Lo que se ha cristalizado en los 2000 años de “cristianismo” les mira a muchos, precisamente en este tiempo, directamente a la cara. Es la discrepancia entre la riqueza de los unos, y la extrema pobreza de los otros. Precisamente los habitantes del tercer mundo, donde innumerables hermanos y hermanas mueren de hambre, sufren miserias, y por el contrario las Iglesias que no sólo mantienen su fortuna multimillonaria, sino que la aumentan, y se gastan miles de millones para fines bélicos, con los cuales según sean las circunstancias, millones de seres humanos sufren necesidades, miseria, enfermedades, destierro y/o tienen que dejar sus vidas.
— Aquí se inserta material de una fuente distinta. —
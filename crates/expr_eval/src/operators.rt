//! What is done with the value of the one part of an expression.

ghost use Rattle.std.specs.Prelude.{◌≡◌};
ghost use Rattle.expr_eval.specs.Operators.{FitsOne, of_one};

use crate::operations::{Typed, at_kind, negate, round, verdict};
use decimal::Mode;
use term_model::Kind;

/// What is done with one value.
#[derive(Clone, Copy)]
pub enum OnOne {
    Negative,
    Opposite,
    At { kind: Kind },
    Rounded { mode: Mode, scale: u8 },
}

/// The outcome on one value.
pub fn done_on_one(op: OnOne, of: Typed) -> Typed
    requires { FitsOne op of }
    ensures { result ≡ of_one op of }
{
    match op {
        OnOne::Negative => negate(of),
        OnOne::Opposite => verdict(!of.value.is_true()),
        OnOne::At { kind } => at_kind(kind, of),
        OnOne::Rounded { mode, scale } => round(mode, scale, of),
    }
}
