//! Comparisons of two numbers of any scales: each is multiplied so that both have one scale.

ghost use Rattle.std.specs.Prelude.{◌≡◌, ◌≤◌, ◌*ℤ◌};
ghost use Rattle.term_model.specs.Values.{cmp_op};
ghost use Rattle.interval_check.specs.Safety.{IsSmall};
ghost use Rattle.expr_eval.specs.Comparing as found;

use crate::operations::compare_aligned;
use decimal::pow10;
use term_model::CmpOp;

/// By what the numbers of two sides are multiplied, so that they have one scale.
#[derive(Clone, Copy)]
pub struct Factors {
    pub left: i128,
    pub right: i128,
}

/// The factors of two scales.
pub fn factors_of(i: u8, j: u8) -> Factors
    requires left { i ≤ 27 }
    requires right { j ≤ 27 }
    ensures { result ≡ found.factors i j }
{
    let most = i.max(j);
    Factors {
        left: pow10(most - i),
        right: pow10(most - j),
    }
}

// A number times its factor.
fn brought(x: i128, factor: i128) -> i128
    requires { IsSmall (x *ℤ factor) }
    ensures { result ≡ x *ℤ factor }
{
    x * factor
}

/// A comparison of two numbers that are brought to one scale.
pub fn compare_brought(op: CmpOp, x: i128, y: i128, by: Factors) -> bool
    requires left { IsSmall (x *ℤ by.left) }
    requires right { IsSmall (y *ℤ by.right) }
    ensures { result ≡ cmp_op op (x *ℤ by.left) (y *ℤ by.right) }
{
    let x = brought(x, by.left);
    let y = brought(y, by.right);
    compare_aligned(op, x, y)
}
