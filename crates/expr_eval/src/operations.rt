//! Values with their kinds, and what each operator makes of those of its parts.

ghost use Rattle.std.specs.Prelude.{◌≡◌, ◌≤◌};
ghost use Rattle.term_model.specs.Kinds.{scale_of_kind, scale_of_op};
ghost use Rattle.term_model.specs.Values.{num_op, cmp_op, of_num};
ghost use Rattle.term_model.specs.Reads.{decides};
ghost use Rattle.interval_check.specs.Safety.{IsSmall, OperateSafely};
ghost use Rattle.expr_eval.specs.Operations as made;
ghost use Rattle.expr_eval.specs.Operations.{Negates, Combines, Compares, RoundsTo, DividesTo, FitsKind};

use decimal::{Mode, align, div_to, round_to};
use term_model::{CmpOp, Kind, LogicOp, NumOp, Value};

/// A value, and of what kind it is.
#[derive(Clone, Copy, Debug, PartialEq, Eq)]
pub struct Typed {
    pub kind: Kind,
    pub value: Value,
}

/// The values of two operands.
#[derive(Clone, Copy, Debug, PartialEq, Eq)]
pub struct Operands {
    pub left: Typed,
    pub right: Typed,
}

/// A number.
pub fn number(scale: u8, mant: i128) -> Typed
    ensures { result ≡ made.number scale mant }
{
    Typed {
        kind: Kind::Number { scale },
        value: Value::Num { mant },
    }
}

/// A truth value.
pub fn verdict(value: bool) -> Typed
    ensures { result ≡ made.verdict value }
{
    Typed {
        kind: Kind::Truth,
        value: Value::Truth { value },
    }
}

/// The decimals of an operator's value.
pub fn scale_of_both(op: NumOp, left: Kind, right: Kind) -> u8
    requires { scale_of_op op (scale_of_kind left) (scale_of_kind right) ≤ 27 }
    ensures { result ≡ scale_of_op op (scale_of_kind left) (scale_of_kind right) }
{
    match op {
        NumOp::Times => left.scale() + right.scale(),
        _ => left.scale().max(right.scale()),
    }
}

/// A value at a kind: a number at its decimals, which are no fewer.
pub fn at_kind(kind: Kind, of: Typed) -> Typed
    requires { FitsKind kind of }
    ensures { result ≡ made.at_kind kind of }
{
    let value = match of.value {
        Value::Num { mant } => Value::Num {
            mant: align(mant, of.kind.scale(), kind.scale()),
        },
        Value::Truth { value } => Value::Truth { value },
    };
    Typed { kind, value }
}

/// The negative.
pub fn negate(of: Typed) -> Typed
    requires { Negates of }
    ensures { result ≡ made.negated of }
{
    Typed {
        kind: of.kind,
        value: Value::Num {
            mant: -of.value.number(),
        },
    }
}

/// An operator on two numbers of one scale.
pub(crate) fn on_aligned(op: NumOp, x: i128, y: i128) -> i128
    requires x { IsSmall x }
    requires y { IsSmall y }
    requires outcome { IsSmall (num_op op x y) }
    ensures { result ≡ num_op op x y }
{
    match op {
        NumOp::Plus => x + y,
        NumOp::Minus => x - y,
        NumOp::Times => x * y,
        NumOp::Min => x.min(y),
        NumOp::Max => x.max(y),
    }
}

// An operator on a number of scale `i` and one of scale `j`.
fn operate(op: NumOp, i: u8, x: i128, j: u8, y: i128) -> i128
    requires left { i ≤ 27 }
    requires right { j ≤ 27 }
    requires fits { OperateSafely op i x j y }
    ensures { result ≡ of_num op i x j y }
{
    match op {
        NumOp::Times => on_aligned(op, x, y),
        _ => on_aligned(op, align(x, i, i.max(j)), align(y, j, i.max(j))),
    }
}

/// An operator on two numbers.
pub fn combine(op: NumOp, both: Operands) -> Typed
    requires { Combines op both.left both.right }
    ensures { result ≡ made.combined op both.left both.right }
{
    let left = both.left;
    let right = both.right;
    let mant = operate(
        op,
        left.kind.scale(),
        left.value.number(),
        right.kind.scale(),
        right.value.number(),
    );
    number(scale_of_both(op, left.kind, right.kind), mant)
}

/// A comparison of two numbers of one scale.
pub fn compare_aligned(op: CmpOp, x: i128, y: i128) -> bool
    ensures { result ≡ cmp_op op x y }
{
    match op {
        CmpOp::Less => x < y,
        CmpOp::LessEq => x <= y,
        CmpOp::Greater => x > y,
        CmpOp::GreaterEq => x >= y,
        CmpOp::Equal => x == y,
        CmpOp::Unequal => x != y,
    }
}

/// A comparison of two numbers.
pub fn compare(op: CmpOp, both: Operands) -> Typed
    requires { Compares both.left both.right }
    ensures { result ≡ made.compared op both.left both.right }
{
    let i = both.left.kind.scale();
    let j = both.right.kind.scale();
    let x = align(both.left.value.number(), i, i.max(j));
    let y = align(both.right.value.number(), j, i.max(j));
    verdict(compare_aligned(op, x, y))
}

/// Whether the left side decides.
pub fn is_decided(op: LogicOp, left: bool) -> bool
    ensures { result ≡ decides op left }
{
    match op {
        LogicOp::And => !left,
        LogicOp::Or => left,
    }
}

/// A number rounded to a scale.
pub fn round(mode: Mode, scale: u8, of: Typed) -> Typed
    requires { RoundsTo scale of }
    ensures { result ≡ made.rounded mode scale of }
{
    number(
        scale,
        round_to(mode, of.value.number(), of.kind.scale(), scale),
    )
}

/// A quotient at a scale.
pub fn divide(mode: Mode, scale: u8, both: Operands) -> Typed
    requires { DividesTo scale both.left both.right }
    ensures { result ≡ made.quotient mode scale both.left both.right }
{
    let top = both.left;
    let below = both.right;
    let mant = div_to(
        mode,
        top.value.number(),
        top.kind.scale(),
        below.value.number(),
        below.kind.scale(),
        scale,
    );
    number(scale, mant)
}
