// Services on lists of links that judge and find. The list comes as what a function over a lent list of records hands on: its
// length, the word that its numbers are small and its first 256 links. Each service promises its outcome for
// whatever it is given, be it of a list or not; links of the copy behind the length do not count.
#![tactic(auto)]

ghost use Rattle.std.specs.Prelude.{◌≡◌};
ghost use Rattle.limits.specs.Refusals.{refusal_in};
ghost use Rattle.judging.specs.Verdicts.{TreeJudged, AnswerJudged};
ghost use Rattle.frame.specs.Services.{nowhere};
ghost use Rattle.codec.specs.Numbers.{place_of};
ghost use Rattle.accept_lists.specs.Given.{Given};
ghost use Rattle.listed.specs.ListServices.{ListJudged, ListCostLocated};

use accept_lists::accept_links;
use codec::Part;
use finding::locate_cost_held;
use ids::Edge;
use judging::{judge_answer_held, judge_held};
use limits::Refusal;
use records::ListCopy;

// Is the marked tree of a list of records cheapest?
pub fn judge_links(nodes: u32, list: ListCopy) -> Result<bool, Refusal>
    ensures { Given nodes list (λ n. refusal_in result ≡ n) (λ j. ListJudged j TreeJudged result) }
{
    let mut end1 = [0u32; 256];
    let mut end2 = [0u32; 256];
    let mut cost = [0u32; 256];
    let mut mark = [0u32; 256];
    let mut ts = [0u32; 256];
    let mut mask = [0u64; 64];
    let accepted = accept_links(
        nodes, list, &mut end1, &mut end2, &mut cost, &mut mark, &mut ts, &mut mask,
    );
    judge_held(accepted, &end1, &end2, &cost, &mark, &ts, &mask)
}

// Does a frame hold an answer to a list of records?
pub fn judge_answer_links(nodes: u32, list: ListCopy, offered: &[u8]) -> Result<bool, Refusal>
    ensures { Given nodes list (λ n. refusal_in result ≡ n) (λ j. ListJudged j (λ s. AnswerJudged s offered.now) result) }
{
    let mut end1 = [0u32; 256];
    let mut end2 = [0u32; 256];
    let mut cost = [0u32; 256];
    let mut mark = [0u32; 256];
    let mut ts = [0u32; 256];
    let mut mask = [0u64; 64];
    let accepted = accept_links(
        nodes, list, &mut end1, &mut end2, &mut cost, &mut mark, &mut ts, &mut mask,
    );
    judge_answer_held(accepted, &end1, &end2, &cost, &mark, &ts, &mask, offered)
}

// Where a link's new cost stands in the frame offered as an answer to a list of records; nowhere, of length 0, if the list is
// refused, has no such link, or the offered frame is not judged yes.
pub fn locate_cost_links(nodes: u32, list: ListCopy, offered: &[u8], edge: Edge) -> Part
    ensures { Given nodes list (λ _. place_of result ≡ nowhere) (λ j. ListCostLocated j offered.now edge.0 (place_of result)) }
{
    let mut end1 = [0u32; 256];
    let mut end2 = [0u32; 256];
    let mut cost = [0u32; 256];
    let mut mark = [0u32; 256];
    let mut ts = [0u32; 256];
    let mut mask = [0u64; 64];
    let accepted = accept_links(
        nodes, list, &mut end1, &mut end2, &mut cost, &mut mark, &mut ts, &mut mask,
    );
    locate_cost_held(
        accepted, &end1, &end2, &cost, &mark, &ts, &mask, offered, edge,
    )
}
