//! Tests of what is read from class files.
//!
//! The expected values come from the Java Virtual Machine Specification, SE 8, chapter 4, and from the
//! rules for faults.
#![tactic(auto)]

#[cfg(test)]
mod classes;
#[cfg(test)]
mod codes;
pub mod javac;
#[cfg(test)]
mod pools;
Además se gastan miles de millones para las expediciones al espacio, para conquistar el universo y muchas cosas más.

 El que piensa seriamente en toda esta situación y se haga consciente de ella y a pesar de ello siga hablando del bien común, del bienestar de la humanidad, tiene motivos para dudar seriamente de su cordura. ¿Dónde ha quedado la igualdad divina, dónde ha quedado la libertad en Dios y la unidad de todos en Su Espíritu? La igualdad se ha quedado atrancada en el egoísmo, en la indiferencia, en lugar de desarrollar la igualdad que comparte fraternalmente, en la que el uno apoya, ayuda y favorece al otro desinteresadamente. La libertad se ha perdido en el egoísta “opinamos igual para estar contra los otros” y la unidad se ha perdido en el aspirar individual al bienestar personal.
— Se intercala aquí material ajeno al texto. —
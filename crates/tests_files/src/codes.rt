//! The codes of the compiled classes: how many instructions each has, or that it is foreign, as `javap -c`
//! lists them.

use crate::javac;
use ms_classfile::{MethodRow, read_class};
use ms_code::{Coded, Decoded, decode};
use ms_pool::{CodeRow, Pool};
use std::alloc::Global;
use std::fmt::Write;
use std::test::Fail;

/// How many instructions a code has.
fn count(decoded: &Decoded) -> u32 {
    let mut count: u32 = 0;
    let mut offset = 0;
    for _ in 0..u16::MAX {
        if decoded.at(offset).is_none() {
            break;
        }
        count = count.saturating_add(1);
        match decoded.next(offset) {
            Some(next) => offset = next,
            None => break,
        }
    }
    count
}

/// Adds what is said of a code.
fn tell_code(
    alloc: Global,
    text: &mut String,
    row: &CodeRow<'_>,
    pool: &Pool<'_>,
) -> Result<(), Fail> {
    if row.code.len() > 65_535 || row.code_at > 1_000_000 || row.table_at > 1_000_000 {
        return Ok(());
    }
    if row.table.rows().len() > 65_535 {
        return Ok(());
    }
    match decode(alloc, row, pool)? {
        Coded::Decoded(decoded) => {
            let count = count(&decoded);
            write!(text, " {count}, ")?;
        }
        Coded::Foreign => text.push_str(" foreign, ")?,
    }
    Ok(())
}

/// Adds what is said of a method.
fn tell_method(
    alloc: Global,
    text: &mut String,
    method: &MethodRow<'_>,
    pool: &Pool<'_>,
) -> Result<(), Fail> {
    text.push_str(str::from_utf8(method.name)?)?;
    match &method.code {
        Some(row) => tell_code(alloc, text, row, pool)?,
        None => text.push_str(" none, ")?,
    }
    Ok(())
}

/// Adds what is said of the methods of a file.
fn tell_file(alloc: Global, text: &mut String, file: &[u8]) -> Result<(), Fail> {
    let class = read_class(alloc, file)?;
    for method in class.methods.rows() {
        tell_method(alloc, text, method, &class.pool)?;
    }
    text.push_str("\n")?;
    Ok(())
}

/// The files, and why a code of theirs is foreign.
fn tell_files(alloc: Global, text: &mut String) -> Result<(), Fail> {
    // the constructor of Object; a field of another type, invokevirtual
    tell_file(alloc, text, &javac::HELLO)?;
    // the constructor of Object, as in most of the others
    tell_file(alloc, text, &javac::LOOPS)?;
    tell_file(alloc, text, &javac::CONSTANTS)?;
    tell_file(alloc, text, &javac::TRIES)?;
    tell_file(alloc, text, &javac::SWITCHES)?;
    // getfield, invokeinterface; checkcast, invokevirtual
    tell_file(alloc, text, &javac::BOXES)?;
    // invokedynamic, twice; a field of another type
    tell_file(alloc, text, &javac::LAMBDAS)?;
    tell_file(alloc, text, &javac::OUTER)
}

/// The other files.
fn tell_more_files(alloc: Global, text: &mut String) -> Result<(), Fail> {
    // putfield
    tell_file(alloc, text, &javac::OUTER_INNER)?;
    tell_file(alloc, text, &javac::OUTER_NESTED)?;
    // abstract, without a code
    tell_file(alloc, text, &javac::SHAPE)?;
    // native, without a code; doubles
    tell_file(alloc, text, &javac::MARKED)?;
    // longs
    tell_file(alloc, text, &javac::LONGS)
}

#[test]
fn codes_of_compiled_classes_are_decoded_or_foreign(rt: HostRuntime) -> Result<(), Fail> {
    let mut text = String::new(rt.alloc());
    tell_files(rt.alloc(), &mut text)?;
    tell_more_files(rt.alloc(), &mut text)?;
    assert_eq!(rt; text.as_str(), CODES);
    Ok(())
}

/// What is said of each file, a line each.
const CODES: &str =
    "<init> foreign, main foreign, \n<init> foreign, sum 15, odd 8, \n<init> foreign, <clinit> 12, \n<init> foreign, f 17, g 5, \n<init> foreign, t 10, l 8, \n<init> foreign, compareTo foreign, compareTo foreign, \n<init> foreign, r foreign, f foreign, lambda$r$0 foreign, \n<init> foreign, \n<init> foreign, \n<init> foreign, \narea none, name 2, \n<init> foreign, n none, s 1, d foreign, \n<init> foreign, f foreign, wide 8, \n";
Dado que las instituciones eclesiásticas y sus seguidores argumentan que no se puede vivir según el Sermón de la Montaña, que contiene los principios divinos, y que éste está pensado para otro mundo, hay que preguntar: ¿para cuál? ¿Y quién tiene que dar forma a ese otro mundo? ¿No ha tenido la cristiandad durante 2000 años tiempo suficiente para construir ese mundo bajo el símbolo de Jesús, el Cristo, el Redentor de todos los hombres? Si Jesús, el Cristo, trajo la Redención a los hombres –lo que también dicen las Iglesias, sin saber por cierto lo que eso significa–, entonces los cristianos también habrían tenido la fuerza de liberar con su Redentor a la Tierra de su yugo.
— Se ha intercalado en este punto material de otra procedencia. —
/// The fault where the lowest bit of a byte of `RICH` is the other: the byte's place, the kind and the place.
static FLIPS: [(usize, ClassKind, u64); 168] = [
    (0, ClassKind::Magic, 0),
    (1, ClassKind::Magic, 0),
    (2, ClassKind::Magic, 0),
    (3, ClassKind::Magic, 0),
    (6, ClassKind::Version, 6),
    (8, ClassKind::Pool, 110),
    (9, ClassKind::Pool, 110),
    (10, ClassKind::Pool, 10),
    (11, ClassKind::Short, 13),
    (12, ClassKind::Pool, 13),
    (14, ClassKind::Pool, 23),
    (15, ClassKind::Index, 14),
    (16, ClassKind::Index, 14),
    (17, ClassKind::Pool, 17),
    (18, ClassKind::Short, 20),
    (19, ClassKind::Pool, 37),
    (20, ClassKind::Super, 114),
    (21, ClassKind::Super, 114),
    (22, ClassKind::Super, 114),
    (23, ClassKind::Super, 114),
    (24, ClassKind::Super, 114),
    (25, ClassKind::Super, 114),
    (26, ClassKind::Super, 114),
    (27, ClassKind::Super, 114),
    (28, ClassKind::Super, 114),
    (29, ClassKind::Super, 114),
    (30, ClassKind::Super, 114),
    (31, ClassKind::Super, 114),
    (32, ClassKind::Super, 114),
    (33, ClassKind::Super, 114),
    (34, ClassKind::Super, 114),
    (35, ClassKind::Super, 114),
    (36, ClassKind::Short, 48),
    (37, ClassKind::Index, 36),
    (38, ClassKind::Index, 36),
    (39, ClassKind::Pool, 39),
    (40, ClassKind::Short, 42),
    (41, ClassKind::Pool, 42),
    (43, ClassKind::Pool, 43),
    (44, ClassKind::Short, 46),
    (45, ClassKind::Pool, 46),
    (47, ClassKind::Pool, 47),
    (48, ClassKind::Short, 50),
    (49, ClassKind::Pool, 62),
    (63, ClassKind::Pool, 63),
    (68, ClassKind::Pool, 68),
    (69, ClassKind::Short, 71),
    (70, ClassKind::Pool, 71),
    (72, ClassKind::Pool, 72),
    (73, ClassKind::Short, 75),
    (74, ClassKind::Pool, 75),
    (76, ClassKind::Pool, 81),
    (85, ClassKind::Pool, 85),
    (86, ClassKind::Short, 88),
    (87, ClassKind::Pool, 88),
    (89, ClassKind::Pool, 89),
    (90, ClassKind::Short, 92),
    (91, ClassKind::Pool, 94),
    (95, ClassKind::Pool, 95),
    (96, ClassKind::Short, 98),
    (97, ClassKind::Pool, 103),
    (102, ClassKind::Pool, 102),
    (103, ClassKind::Short, 105),
    (104, ClassKind::Pool, 105),
    (106, ClassKind::Pool, 106),
    (107, ClassKind::Short, 109),
    (108, ClassKind::Index, 111),
    (112, ClassKind::Index, 112),
    (113, ClassKind::Index, 112),
    (114, ClassKind::Super, 114),
    (115, ClassKind::Super, 114),
    (116, ClassKind::Short, 260),
    (117, ClassKind::Index, 122),
    (120, ClassKind::Index, 193),
    (121, ClassKind::Short, 178),
    (124, ClassKind::Index, 124),
    (125, ClassKind::Index, 124),
    (126, ClassKind::Index, 126),
    (128, ClassKind::Index, 152),
    (129, ClassKind::Index, 147),
    (130, ClassKind::Index, 130),
    (131, ClassKind::Shape, 145),
    (132, ClassKind::Shape, 130),
    (133, ClassKind::Shape, 130),
    (134, ClassKind::Shape, 130),
    (135, ClassKind::Shape, 130),
    (136, ClassKind::Index, 136),
    (137, ClassKind::Index, 136),
    (138, ClassKind::Index, 138),
    (140, ClassKind::Short, 144),
    (141, ClassKind::Short, 144),
    (142, ClassKind::Short, 144),
    (143, ClassKind::Index, 144),
    (145, ClassKind::Index, 145),
    (147, ClassKind::Short, 151),
    (148, ClassKind::Short, 151),
    (149, ClassKind::Short, 151),
    (150, ClassKind::Index, 153),
    (154, ClassKind::Index, 154),
    (155, ClassKind::Index, 154),
    (156, ClassKind::Index, 156),
    (157, ClassKind::Index, 156),
    (158, ClassKind::Index, 168),
    (159, ClassKind::Index, 162),
    (160, ClassKind::Index, 160),
    (162, ClassKind::Short, 166),
    (163, ClassKind::Short, 166),
    (164, ClassKind::Short, 166),
    (165, ClassKind::Index, 171),
    (170, ClassKind::Index, 170),
    (171, ClassKind::Index, 170),
    (172, ClassKind::Index, 172),
    (174, ClassKind::Index, 185),
    (175, ClassKind::Index, 182),
    (176, ClassKind::Index, 176),
    (178, ClassKind::Short, 182),
    (179, ClassKind::Short, 182),
    (180, ClassKind::Short, 182),
    (181, ClassKind::Index, 188),
    (185, ClassKind::Index, 249),
    (186, ClassKind::Index, 249),
    (189, ClassKind::Index, 189),
    (190, ClassKind::Index, 189),
    (191, ClassKind::Index, 191),
    (193, ClassKind::Index, 237),
    (194, ClassKind::Index, 237),
    (195, ClassKind::Index, 195),
    (197, ClassKind::Short, 201),
    (198, ClassKind::Short, 201),
    (199, ClassKind::Short, 201),
    (200, ClassKind::Shape, 195),
    (205, ClassKind::Shape, 195),
    (206, ClassKind::Shape, 195),
    (207, ClassKind::Shape, 195),
    (208, ClassKind::Index, 215),
    (212, ClassKind::Index, 228),
    (213, ClassKind::Shape, 195),
    (220, ClassKind::Index, 220),
    (221, ClassKind::Index, 220),
    (222, ClassKind::Shape, 195),
    (223, ClassKind::Shape, 195),
    (224, ClassKind::Index, 224),
    (226, ClassKind::Shape, 195),
    (227, ClassKind::Shape, 195),
    (228, ClassKind::Shape, 195),
    (229, ClassKind::Shape, 195),
    (231, ClassKind::Index, 231),
    (233, ClassKind::Short, 237),
    (234, ClassKind::Short, 237),
    (235, ClassKind::Short, 237),
    (236, ClassKind::Index, 240),
    (239, ClassKind::Index, 239),
    (240, ClassKind::Index, 239),
    (241, ClassKind::Index, 241),
    (243, ClassKind::Index, 245),
    (244, ClassKind::Index, 245),
    (245, ClassKind::Short, 261),
    (246, ClassKind::Short, 261),
    (247, ClassKind::Index, 247),
    (249, ClassKind::Short, 253),
    (250, ClassKind::Short, 253),
    (251, ClassKind::Short, 253),
    (252, ClassKind::Index, 256),
    (255, ClassKind::Index, 255),
    (257, ClassKind::Short, 261),
    (258, ClassKind::Short, 261),
    (259, ClassKind::Short, 261),
    (260, ClassKind::Short, 261),
];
No obstante, ¿cómo ha actuado hasta ahora la cristiandad? Directa e indirectamente, tanto en lo grande como en lo pequeño ha hecho guerras y con ellas ha mantenido el fratricidio hasta en la actualidad. Hasta hoy se sigue profanando y abusando de la Madre-Tierra. El ser humano les ha quitado y les sigue quitando a los animales su libertad, los tortura de una forma bestial, los utiliza como presa en la caza, los mata y se come después las partes de sus cadáveres. Los animales son tratados como mercancía sin sentimientos para quitarles su dignidad, una dignidad que el hombre hace tiempo sacrificó en el altar de la indignidad. A pesar de las brutales y crueles aberraciones humanas, los animales han mantenido su dignidad, al contrario de los hombres, de los cuales muchos se han convertido en bárbaros inhumanos, en monstruos que aniquilan y destruyen todo lo que cae en sus manos.

La unidad también contiene la fraternidad y la justicia. El que no aporta al verdadero bien común, tampoco favorece la unidad, ni en consecuencia el bienestar de todos. Las palabras que en un sentido próximo al siguiente expresó Jesús: “Lo que quieras que te hagan los demás, házlo tú primero a ellos” contienen los cinco principios divinos. Estos principios básicos de la vida, los cinco principios, también son propios de la vida de la Tierra con sus minerales, plantas y animales.

La unidad divina nos enseña también que si a tu prójimo le va bien, entonces también te va bien a ti; si a tu prójimo le va mal, entonces en algún momento también te irá mal a ti. De ello se desprende la ley de siembra y cosecha: Lo que el hombre siembre, eso cosechará.

Precisamente en nuestro tiempo la ley de causa y efecto se hace cada vez más visible. Ésta alcanzará tanto a los ricos como a los pobres. Tomemos consciencia de que los molinos de Dios muelen despacio, pero seguros y con justicia.